* **What you are asked to do**: In the listing below, a line holding "filename crates/qc_node/src/laws.rt" and a line holding "ℕ)) → HasBegun" mark the range. Retype both exactly, with all lines between them.

* **Information given**:
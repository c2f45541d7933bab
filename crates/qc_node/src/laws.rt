//! Laws of begun journals, each the contract of a function with nothing to do.

ghost use Rattle.std.specs.Prelude.{List, Option, ℕ};
ghost use Rattle.qc_outside.specs.Places.{HoldsNoByte};
ghost use Rattle.qc_promise.specs.Kept.{no_journal};
ghost use Rattle.qc_node.specs.Places.{HasBegun, HoldsJournal};

/// A place where a journal was begun holds a journal of no records, and a byte: so it
/// isn't the place of a disk that never came back, or came back unwritten.
#[tactic(auto, using(crate::proofs::Unstarted::begun_holds, crate::proofs::Unstarted::none_begun))]
pub fn begun_journals_have_no_records()
    ensures holds { (place : Option (List ℕ)) → HasBegun place → HoldsJournal no_journal place }
    ensures some { (place : Option (List ℕ)) → HoldsNoByte place → HasBegun place → ⊥ }
{}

* **Response box**:
filename crates/qc_node/src/laws.rt
//! Laws of begun journals, each the contract of a function with nothing to do.

ghost use Rattle.std.specs.Prelude.{List, Option, ℕ};
ghost use Rattle.qc_outside.specs.Places.{HoldsNoByte};
ghost use Rattle.qc_promise.specs.Kept.{no_journal};
ghost use Rattle.qc_node.specs.Places.{HasBegun, HoldsJournal};

/// A place where a journal was begun holds a journal of no records, and a byte: so it
/// isn't the place of a disk that never came back, or came back unwritten.
#[tactic(auto, using(crate::proofs::Unstarted::begun_holds, crate::proofs::Unstarted::none_begun))]
pub fn begun_journals_have_no_records()
    ensures holds { (place : Option (List ℕ)) → HasBegun place → HoldsJournal no_journal place }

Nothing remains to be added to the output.